I have a PJSIP Trunk that will stop working every month or so. What seems to be happening is that my system will stop sending requests to my provider and my trunk will fail once the registration period ends. (Configured to 3600 seconds as of right now.)
Here is the easy fix I found :
Connectivity → Trunks → Choose Trunk
Disable Trunk No–> Yes, Submit / Apply Config
Enable Trunk Yes → No, Submit / Apply Config
After 30 seconds the Trunk is back Online and everything starts working as it should… For another month :')
Are you sure? Not even OPTIONS (qualify) requests?
What does the Asterisk log show around the time of the failure?
AFAIK, Asterisk never gives up retrying a failed registration, unless Permanent Auth Rejection is Yes, but that’s not the default. Of course, it could be sending requests that are unreplied, or getting error responses.
If your PBX is behind a NAT, what router/firewall do you have? What VoIP-related settings in it?
Definitely need more information to help find the real fix
Next time the trunk dies, try to grab a sip capture in the failed state to be sure that your side isn’t still trying to send OPTIONS, and if it is, hopefully you can see what your provider is complaining about.
Also, grab your logs from /var/log/asterisk/full as soon as you realize the trunk is down and there may be something in there that will help troubleshoot.
yes, pjsip set logger on in your asterisk cli will add the sip traffic to your logs, but also tcpdump or pcaping would do the trick as well. alternatively, you could use the sngrep tool on the freepbx console too. My favorite trick is to pipe tcpdump output straight into wireshark on my windows machine via ssh in a command prompt:
ssh root@freepbxhostnameorIPhere "tcpdump port not 22 -s 0 -U -n -w -" | "C:\Program Files\Wireshark\Wireshark.exe" -k -i -
(if you don’t have ssh keys, don’t forget to put the password in your command prompt window after wireshark launches)
When did this last happen? By default, the Asterisk logs are kept for a week and even without the SIP trace, there is useful info there, e.g., no response, auth failed, etc.
WARNING[14022] res_pjsip_outbound_registration.c: No response received from ‘sip:PROVIDER-SERVERNAME:5060’ on registration attempt to ‘sip:username@PROVIDER-SERVERNAME:5060’, retrying in ‘60’
This repeats forever until i deactivated / reactivated my Trunk in the GUI.

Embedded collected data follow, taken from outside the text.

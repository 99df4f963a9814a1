//! The state of a component configuration (OSGi Compendium 8, chapter 112, "ComponentConfigurationDTO").
ghost use Rattle.scr_world.specs.Readers.{has_active, state_by};
ghost use Rattle.std.specs.Prelude.{◌≡◌};

use component_state::{Component, is_open, lacks_configuration};
use prop_map::has;
use scr_world::{Instance, World};

// Whether an instance of the component configuration is active.
fn has_active(instances: &[Instance], configuration: u64) -> bool
    ensures { result ≡ has_active instances.now configuration }
{
    instances.iter().any(|instance| instance.origin.get().configuration == configuration
        && instance.is_active())
}

/// The state of a component configuration, the first that holds: 1 where it lacks a configuration, 2 where it isn't satisfied, 16
/// where it failed, 8 where it is open and an instance of it is active, else 4. The numbers of the satisfied ones are given, in
/// whatever order. It takes no memory.
pub fn state_of(world: &World, satisfied: &[u64], component: &Component) -> u8
    ensures { result ≡ state_by world.now satisfied.now component.now }
{
    let number = component.number;
    if lacks_configuration(component) {
        1
    } else if !has(satisfied, number) {
        2
    } else if has(world.failed.as_slice(), number) {
        16
    } else if is_open(world.open_periods.as_slice(), number)
        && has_active(world.instances.as_slice(), number)
    {
        8
    } else {
        4
    }
}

This is often caused by a ‘poisoned’ NAT association being kept alive by aggressive retries.
The initial cause is typically a brief internet outage.
Try setting General Retry Interval to 600. Also set Qualify Frequency to 600, as the OPTIONS packets are sometimes also involved.
You may have to wait a month to see whether this helps, but (unless you’re a 24/7 shop) you could try an after-hours test (before making the changes) to see whether you can cause the issue at will. Disconnect the Ethernet cable between modem/ONT and the Watchguard, wait about three minutes, then reconnect it. This will often trigger the issue you are seeing.
I think I might have ran into this issue myself. Sometimes after an Internet outage, the trunk will not re-register with the sip provider. A reboot fixes it right away though. However, sometimes I don’t get around to doing a reboot, and I have noticed that about 30 minutes later it will be working again. This has happened a few times where I don’t get to it right away, but it starts working at some later point by itself.
Does this 30 minute delay also fit in with the NAT issue that you mentioned? My re-registration period is set to around 5 minutes, so I know it isn’t the registration timeout causing it to start working again.